Remember our bee adventures last spring? Interesting week, right? We had not one, but TWO swarms of bees in our back yard! We learned a lot from talking with our neighbors and watching them capture the swarms.

Who’d have thought you could just knock a whole swarm of bees into a box? Certainly not me! It was the coolest thing we’ve seen in a long time.

We have also definitely reaped the rewards from having neighbors with bee hives living right behind us. Bumper crops of strawberries AND raspberries. Gallons of them.



And if you know me, you know I am not a gardener but I LOVE my berries. True, I have been a wanna-be gardener, but never an actual gardener. It probably helps if you don’t mind going outside to pull weeds when it’s 90* outside.

That would not be me.


As my strawberry bed can attest, I only do it twice a year: At the beginning and after the end of the berry season.

Imagine my surprise and delight when our neighbor Nona and her two kids showed up at my door Sunday night, in the midst of our CRAZY let’s-have-all-our-kids-and-grandkids-over family barbecue, with this…

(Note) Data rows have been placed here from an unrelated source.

impl<'a> Subject<'a> {
    // What the table is called: it has no name of its own.
    pub fn name(&self) -> Result<String, AllocError> {
        let few = self.digest.get(..FEW_DIGITS).unwrap_or(self.digest);
        format!(in self.alloc; "table {few}")
    }

    // The title, what the table is about, and what came of it.
    pub fn tell_head(&self, page: &mut String, table: &Table) -> Done {
        page.push_str("<header>\n<h1>Worst-case response times</h1>\n")?;
        let tasks = wording::counted(self.alloc, table.tasks().len() as u64, "task")?;
        let outcome = if self.verdicts[COMBINED] {
            "every task has a response"
        } else {
            "some task has no response"
        };
        let lead = format!(in self.alloc;
            "{tasks} on one processor with a cache, under fixed priorities with pre-emption. Under the method combined {outcome}."
        )?;
        element(page, "p class=\"lead\"", "p", lead.as_str())?;
        page.push_str("<dl>\n")?;
        self.tell_methods(page, "Methods that pass", true)?;
        self.tell_methods(page, "Methods that do not", false)?;
        let sets = table.sets;
        self.term(
            page,
            "Cache sets",
            format!(in self.alloc; "{sets}")?.as_str(),
        )?;
        if let Form::Digits(ways) = table.form {
            self.term(page, "Ways", format!(in self.alloc; "{ways}")?.as_str())?;
        }
        let reload = wording::counted(self.alloc, table.brt.0, "tick")?;
        self.term(page, "Reload of a block", reload.as_str())?;
        let accesses = table.access_count;
        if 0 < accesses {
            self.term(
                page,
                "Accesses",
                format!(in self.alloc; "{accesses}")?.as_str(),
            )?;
        }
        page.push_str("<dt>SHA-256 of the table</dt>\n<dd><code>")?;
        add(page, self.digest)?;
        page.push_str("</code></dd>\n</dl>\n</header>\n")
    }

    fn term(&self, page: &mut String, term: &str, what: &str) -> Done {
        element(page, "dt", "dt", term)?;
        element(page, "dd", "dd", what)
    }

    // The methods under which every task has a response, or those under which some has none, where there are any.
    fn tell_methods(&self, page: &mut String, term: &str, pass: bool) -> Done {
        let mut names = String::new(self.alloc);
        for (name, passes) in methods::names().iter().zip(self.verdicts.iter()) {
            if *passes == pass {
                if !names.is_empty() {
                    names.push_str(", ")?;
                }
                names.push_str(name)?;
            }
        }
        if names.is_empty() {
            return Ok(());
        }
        self.term(page, term, names.as_str())
    }

    // The table as it was read, byte for byte.
    pub fn tell_table(&self, page: &mut String) -> Done {
        page.push_str("<section>\n")?;
        heading(page, "1 The table as it was read")?;
        page.push_str("<pre>")?;
        for line in Lines::of(self.text) {
            let line = String::from_utf8_lossy(self.alloc, line)?;
            page.push_str("<span>")?;
            add(page, line.as_str())?;
            page.push_str("\n</span>")?;
        }
        page.push_str("</pre>\n")?;
        element(page, "p class=\"note\"", "p", words::LINES)?;
        page.push_str("</section>\n")
    }

    // The report, and its picture.
    pub fn tell_report(&self, page: &mut String, table: &Table, rows: &[Row]) -> Done {
        page.push_str("<section>\n")?;
        heading(page, "2 The report")?;
        paragraph(
            page,
            "Of each task its limit, which is its deadline less its jitter, and its responses under six methods, in ticks; - where there is none. A method passes where every task has a response.",
        )?;
        open_wide(page, "The report")?;
        page.push_str("<table class=\"figures\">\n<thead>\n<tr>\n")?;
        column_head(page, "task")?;
        column_head(page, "limit")?;
        for name in methods::names().iter() {
            column_head(page, name)?;
        }
        page.push_str("</tr>\n</thead>\n<tbody>\n")?;
        for (task, row) in table.tasks().iter().zip(rows.iter()) {
            page.push_str("<tr>\n")?;
            row_head(page, name_of(self.alloc, task)?.as_str())?;
            figure_cell(page, self.number(limit_of(task))?.as_str())?;
            for response in row.responses.iter() {
                match response {
                    Response::Within(time) => {
                        figure_cell(page, self.number(time.0)?.as_str())?;
                    }
                    Response::Unschedulable => missing_cell(page, "-")?,
                }
            }
            page.push_str("</tr>\n")?;
        }
        page.push_str("</tbody>\n<tfoot>\n<tr>\n")?;
        row_head(page, "passes")?;
        words_cell(page, "")?;
        for passes in self.verdicts.iter() {
            if *passes {
                figure_cell(page, "yes")?;
            } else {
                missing_cell(page, "no")?;
            }
        }
        page.push_str("</tr>\n</tfoot>\n</table>\n</div>\n")?;
        self.draw(page, table)?;
        page.push_str("</section>\n")
    }

    fn number(&self, number: u64) -> Result<String, AllocError> {
        format!(in self.alloc; "{number}")
    }

    // The picture of the report. It is taller than a sheet of paper where there are many tasks: so it is shown task by task, and none is torn.
    fn draw(&self, page: &mut String, table: &Table) -> Done {
        let name = self.name()?;
        let drawn = match bars::picture(self.alloc, name.as_str(), self.text) {
            Ok(drawn) => drawn,
            // the text is accepted
            Err(Undrawn::Refused(_)) => return Ok(()),
            Err(Undrawn::NoMemory) => return Err(AllocError),
        };
        page.push_str("<figure>\n")?;
        open_wide(page, "The picture of the report")?;
        let width = pixels(bars::WIDTH);
        for position in 0..table.tasks().len() {
            // what stands above the first task is shown with it
            let top = if position == 0 {
                0
            } else {
                pixels(bars::top_of(position))
            };
            let bottom = pixels(bars::top_of(position.saturating_add(1)));
            let height = bottom.saturating_sub(top);
            let text = drawn.text.as_str();
            write!(
                page,
                "<svg class=\"piece\" viewBox=\"0 {top} {width} {height}\""
            )?;
            if position == 0 {
                page.push_str(">\n")?;
                page.push_str(WITHIN)?;
                page.push_str(text.strip_prefix(ALONE).unwrap_or(text))?;
            } else {
                page.push_str(" aria-hidden=\"true\">\n<use href=\"#picture\"/>\n")?;
            }
            page.push_str("</svg>\n")?;
        }
        page.push_str("</div>\n")?;
        element(
            page,
            "figcaption",
            "figcaption",
            "The report as bars: each is as long as the response is of the task's limit, and hatched where there is none.",
        )?;
        page.push_str("</figure>\n")
    }

    // Of each task why its combined figure is what it is, and what it needs under the methods that leave it none.
    pub fn tell_tasks(&self, page: &mut String, accepted: Accepted, rows: &[Row]) -> Done {
        page.push_str("<section>\n")?;
        heading(page, "3 Each task under combined")?;
        for position in 0..accepted.table.count {
            if position < FEW_TASKS {
                page.push_str("<article class=\"short\">\n")?;
            } else {
                page.push_str("<article>\n")?;
            }
            let pending = accepted.pending(position);
            element(
                page,
                "h3",
                "h3",
                name_of(self.alloc, pending.task())?.as_str(),
            )?;
            let explanation = sentences::explained(self.alloc, pending, Method::Combined)?;
            let (first, others) = self.parted(explanation.sentences.as_slice())?;
            element(page, "p class=\"answer\"", "p", first.as_str())?;
            if !others.is_empty() {
                paragraph(page, others.as_str())?;
            }
            if let Some(sum) = &explanation.sum {
                self.tell_sum(page, sum)?;
            }
            if let Some(row) = rows.get(position) {
                self.tell_needs(page, pending, row)?;
            }
            page.push_str("</article>\n")?;
        }
        page.push_str("</section>\n")
    }

    // Bytes as a text.
    fn text(&self, bytes: &[u8]) -> Result<String, AllocError> {
        String::from_utf8_lossy(self.alloc, bytes)
    }

    // The first of some sentences, and those behind it.
    fn parted(&self, sentences: &[u8]) -> Result<(String, String), AllocError> {
        let text = self.text(sentences)?;
        let told = text.as_str();
        let (first, others) = match told.split_once('\n') {
            Some((first, others)) => (first, others),
            None => (told, ""),
        };
        let first = String::from_str(self.alloc, first)?;
        let others = String::from_str(self.alloc, others)?;
        Ok((first, others))
    }

    fn tell_sum(&self, page: &mut String, sum: &Sum) -> Done {
        page.push_str("<table class=\"sum\">\n<thead>\n<tr>\n")?;
        column_head(page, "task")?;
        column_head(page, "what is asked for")?;
        column_head(page, "ticks")?;
        page.push_str("</tr>\n</thead>\n<tbody>\n")?;
        for part in &sum.parts {
            page.push_str("<tr>\n")?;
            let (name, words) = (
                self.text(part.name.as_slice())?,
                self.text(part.words.as_slice())?,
            );
            row_head(page, name.as_str())?;
            words_cell(page, self.with_signs(words.as_str())?.as_str())?;
            figure_cell(page, self.number(part.ticks)?.as_str())?;
            page.push_str("</tr>\n")?;
        }
        page.push_str("</tbody>\n<tfoot>\n<tr>\n<th scope=\"row\" colspan=\"2\">together</th>\n")?;
        figure_cell(page, self.number(sum.whole)?.as_str())?;
        page.push_str("</tr>\n</tfoot>\n</table>\n")
    }

    // A product with the sign of multiplication for the letter.
    fn with_signs(&self, product: &str) -> Result<String, AllocError> {
        let mut out = String::new(self.alloc);
        for (at, factor) in product.split(" x ").enumerate() {
            if 0 < at {
                out.push_str(" \u{d7} ")?;
            }
            out.push_str(factor)?;
        }
        Ok(out)
    }

    // What the task needs under each other method that leaves it no response.
    fn tell_needs(&self, page: &mut String, pending: Pending, row: &Row) -> Done {
        let mut is_open = false;
        for (method, response) in row.responses.iter().enumerate() {
            let Some(method) = Method::from_number(method as u64) else {
                continue;
            };
            if matches!(method, Method::Combined) || matches!(response, Response::Within(_)) {
                continue;
            }
            if !is_open {
                page.push_str("<ul>\n")?;
                is_open = true;
            }
            let explanation = sentences::explained(self.alloc, pending, method)?;
            let (first, _) = self.parted(explanation.sentences.as_slice())?;
            element(page, "li", "li", first.as_str())?;
        }
        if is_open {
            page.push_str("</ul>\n")?;
        }
        Ok(())
    }

    // How much growth is left under each method.
    pub fn tell_growths(&self, page: &mut String) -> Done {
        page.push_str("<section class=\"short\">\n")?;
        heading(page, "4 How much growth is left")?;
        paragraph(
            page,
            "The greatest number of thousandths, up to 4000, to which every execution time may be brought so that every task still has a response; a part of a tick counts as a whole one. 1000 is the table as it is.",
        )?;
        page.push_str("<table>\n<thead>\n<tr>\n")?;
        column_head(page, "method")?;
        element(page, "th scope=\"col\" class=\"n\"", "th", "growth")?;
        column_head(page, "which says")?;
        page.push_str("</tr>\n</thead>\n<tbody>\n")?;
        for (name, method) in methods::names().iter().zip(0u64..) {
            // the text is accepted, and the method is there
            let growth = crpd::growth(self.text, method).unwrap_or(0);
            page.push_str("<tr>\n")?;
            row_head(page, name)?;
            if growth < AS_IT_IS {
                missing_cell(page, self.number(growth)?.as_str())?;
            } else {
                figure_cell(page, self.number(growth)?.as_str())?;
            }
            words_cell(page, growth_in_words(self.alloc, growth)?.as_str())?;
            page.push_str("</tr>\n")?;
        }
        page.push_str("</tbody>\n</table>\n</section>\n")
    }

    // The equations, by their numbers, in words.
    pub fn tell_equations(&self, page: &mut String, table: &Table) -> Done {
        page.push_str("<section>\n")?;
        heading(page, "5 The equations")?;
        paragraph(page, words::EQUATION)?;
        page.push_str("<table>\n<thead>\n<tr>\n")?;
        column_head(page, "method")?;
        column_head(page, "equation")?;
        column_head(page, "block reloads of an activation")?;
        page.push_str("</tr>\n</thead>\n<tbody>\n")?;
        for (name, (number, charge)) in methods::names().iter().zip(words::CHARGES.iter()) {
            page.push_str("<tr>\n")?;
            row_head(page, name)?;
            words_cell(page, number)?;
            words_cell(page, charge)?;
            page.push_str("</tr>\n")?;
        }
        page.push_str("</tbody>\n</table>\n")?;
        paragraph(page, words::AFFECTED)?;
        if let Form::Digits(_) = table.form {
            paragraph(page, words::WAYS)?;
        }
        if 0 < table.access_count {
            paragraph(page, words::ACCESSES)?;
        }
        element(page, "p class=\"note\"", "p", words::PAPER)?;
        page.push_str("</section>\n")
    }

    // What is proved, with what, and what is assumed.
    pub fn tell_proved(&self, page: &mut String) -> Done {
        page.push_str("<section class=\"short\">\n")?;
        heading(page, "6 What is proved, and what is assumed")?;
        element(page, "p id=\"proved\"", "p", words::PROVED)?;
        paragraph(page, words::NOT_PROVED)?;
        page.push_str("<dl>\n")?;
        let number = self.proved.number;
        self.term(
            page,
            "Made by",
            format!(in self.alloc; "crpd {number}")?.as_str(),
        )?;
        self.term(page, "Proved with", self.proved.toolchain)?;
        page.push_str("</dl>\n")?;
        element(
            page,
            "p class=\"note\"",
            "p",
            "The page has no date and no name of a file: of the same table, crpd dossier of this number makes it again, byte for byte.",
        )?;
        page.push_str("</section>\n")
    }
}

The odd shape is due to several of us digging in and eating pieces of the honeycomb. There’s nothing quite like honey straight from the comb, although you have to spit the wax out, unless you really like eating wax. You never know. My husband ate it.

I’m still in awe that a BUG can MAKE something like this! God is so cool. Only He could create something so amazing.

The moral of this story is:  Be kind to your neighbors, and don’t kill their bees when they invade your yard. Bees are good!